Saved data entries
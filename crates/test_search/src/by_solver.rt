//! The search for a proof of a goal over a rule set, by any solver and any finder of lemmas.
ghost use Rattle.std.specs.Prelude.{◌≡◌, ◌≤◌, [], true};
ghost use Rattle.rx_find_cover.specs.Coverable.{is_coverable};
ghost use Rattle.rx_find_lemmas.specs.Finders.{FindsLemmas, IsLemmaFinder};
ghost use Rattle.rx_proofs.specs.Goals.{IsFitting};
ghost use Rattle.rx_solve.specs.Answers.{IsSolver};

use crate::ends::text_of;
use rx_cert::Cert;
use rx_find_lemmas::{Lemma, find_lemmas};
use rx_fm::FmEnd;
use rx_plain::Items;
use rx_row::Constraint;
use rx_search::Search;
use rx_term::{Equation, RuleSet};
use std::alloc::Global;

/// As many nodes as a search keeps by itself.
pub const MOST_KEPT: usize = 32_768;

/// A goal, and how far the search for it goes.
#[derive(Drop)]
pub struct Task {
    /// The goal.
    pub goal: Equation,
    /// The most choices on a path.
    pub depth: u32,
    /// The most visits of nodes.
    pub budget: u32,
}

/// The text of what the search comes to by these closures, which keeps at most `most_kept` nodes.
pub fn searched_with<
    S: FnMut(&Constraint) -> Result<Option<Cert>, FmEnd>,
    L: FnMut(&Equation, &RuleSet, &mut S) -> Result<Items<Lemma>, FmEnd>,
>(
    alloc: Global,
    set: &RuleSet,
    task: &Task,
    most_kept: usize,
    solve: S,
    lemma: L,
) -> Option<Vec<u8>>
where
    S: Drop,
    L: Drop,
    requires solver { IsSolver S.FnMut solve }
    requires lemma { IsLemmaFinder S.FnMut L.FnMut lemma }
    requires no_domains { set.now.domains ≡ [] }
    requires coverable { is_coverable set.now ≡ true }
    requires fits { IsFitting set.now task.now.goal }
    requires depth { task.now.depth ≤ 12 }
{
    let mut search = Search::new(solve, lemma).keeping(most_kept);
    let end = search.search(alloc, set, &task.goal, task.depth, task.budget);
    text_of(alloc, end)
}

/// The text of what the search comes to by this solver, which keeps at most `most_kept` nodes.
pub fn searched_by<S: FnMut(&Constraint) -> Result<Option<Cert>, FmEnd>>(
    alloc: Global,
    set: &RuleSet,
    task: &Task,
    most_kept: usize,
    solve: S,
) -> Option<Vec<u8>>
where
    S: Drop,
    requires solver { IsSolver S.FnMut solve }
    requires no_domains { set.now.domains ≡ [] }
    requires coverable { is_coverable set.now ≡ true }
    requires fits { IsFitting set.now task.now.goal }
    requires depth { task.now.depth ≤ 12 }
{
    let lemma = |goal: &Equation, rules: &RuleSet, solve: &mut S| -> Result<Items<Lemma>, FmEnd>
        requires solver { IsSolver S.FnMut solve.old }
        ensures solver { IsSolver S.FnMut solve.new }
        ensures answer { FindsLemmas rules.now goal.now result }
    { find_lemmas(alloc, goal, rules, solve) };
    searched_with(alloc, set, task, most_kept, solve, lemma)
}

/// How often the search by this solver, which keeps one node, asks for the lemmas of a goal; none
/// where memory ran out.
pub fn lemmas_by<S: FnMut(&Constraint) -> Result<Option<Cert>, FmEnd>>(
    alloc: Global,
    set: &RuleSet,
    task: &Task,
    solve: S,
) -> Option<usize>
where
    S: Drop,
    requires solver { IsSolver S.FnMut solve }
    requires no_domains { set.now.domains ≡ [] }
    requires coverable { is_coverable set.now ≡ true }
    requires fits { IsFitting set.now task.now.goal }
    requires depth { task.now.depth ≤ 12 }
{
    let mut calls = 0usize;
    let lemma = |goal: &Equation, rules: &RuleSet, solve: &mut S| -> Result<Items<Lemma>, FmEnd>
        requires solver { IsSolver S.FnMut solve.old }
        ensures solver { IsSolver S.FnMut solve.new }
        ensures answer { FindsLemmas rules.now goal.now result }
    {
        calls = calls.saturating_add(1);
        find_lemmas(alloc, goal, rules, solve)
    };
    searched_with(alloc, set, task, 1, solve, lemma)?;
    Some(calls)
}
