//! Code that is written down, and the code of two expressions.
use c_ast::{BinOp, Expr, Integers};
use rx_code::{Action, Code, Point};
use rx_exprs::{Setting, condition, value};
use rx_plain::Boxed;
use std::alloc::Global;

fn unbounded(alloc: Global) -> Setting {
    Setting {
        alloc,
        integers: Integers::Unbounded,
    }
}

// The parameter v0 and a number, joined by an operator.
fn joined(alloc: Global, op: BinOp, number: i64) -> Option<Expr> {
    let left = Boxed::new(alloc, Expr::Var(0)).ok()?;
    let right = Boxed::new(alloc, Expr::Lit(number)).ok()?;
    Some(Expr::Binary(op, left, right))
}

// The value is the variable v1 at a point that is one wider.
fn is_wider(alloc: Global, code: &mut Code, half: &Expr, point: Point) -> Option<bool> {
    let (after, of) = value(unbounded(alloc), code, half, point).ok()?;
    Some(after.symbol == 1 && after.width == 2 && of.as_variable() == Some(1))
}

// The value of v0 / 2.
fn quotient(alloc: Global, code: &mut Code, point: Point) -> Option<bool> {
    let half = joined(alloc, BinOp::Div, 2)?;
    is_wider(alloc, code, &half, point)
}

// The test is one instruction.
fn is_one_instruction(alloc: Global, code: &mut Code, less: &Expr, point: Point) -> Option<bool> {
    condition(unbounded(alloc), code, less, point, point, point).ok()?;
    Some(code.opened.len() == 1 && code.instructions.len() == 1)
}

// The test v0 < 2.
fn comparison(alloc: Global, code: &mut Code, point: Point) -> Option<bool> {
    let less = joined(alloc, BinOp::Lt, 2)?;
    is_one_instruction(alloc, code, &less, point)
}

fn acted(code: &mut Code, point: Point) -> Option<bool> {
    code.emit(point, Action::Go(point)).ok()?;
    Some(code.instructions.len() == 1)
}

fn marked(code: &mut Code) -> Option<bool> {
    code.mark_head(0).ok()?;
    code.mark_entry(0, 0).ok()?;
    Some(code.heads.len() == 1 && code.entries.len() == 1)
}

fn wider(code: &mut Code) -> Option<bool> {
    let point = code.open_wider(1).ok()?;
    Some(point.width == 2)
}

fn holds_of(alloc: Global, name: &str, code: &mut Code, point: Point) -> Option<bool> {
    match name {
        "opened" => Some(point.symbol == 0 && code.opened.len() == 1),
        "wider" => wider(code),
        "acted" => acted(code, point),
        "marked" => marked(code),
        "value" => quotient(alloc, code, point),
        "condition" => comparison(alloc, code, point),
        _ => None,
    }
}

/// Whether the case is as it is to be, in code with one point of one variable.
pub fn holds(alloc: Global, name: &str) -> Option<bool> {
    let mut code = Code::new(alloc);
    let point = code.open(1, false).ok()?;
    holds_of(alloc, name, &mut code, point)
}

→ Work task: Search the records above for "comes". Copy each line where it is found.

→ Result:
/// The text of what the search comes to by these closures, which keeps at most `most_kept` nodes.
/// The text of what the search comes to by this solver, which keeps at most `most_kept` nodes.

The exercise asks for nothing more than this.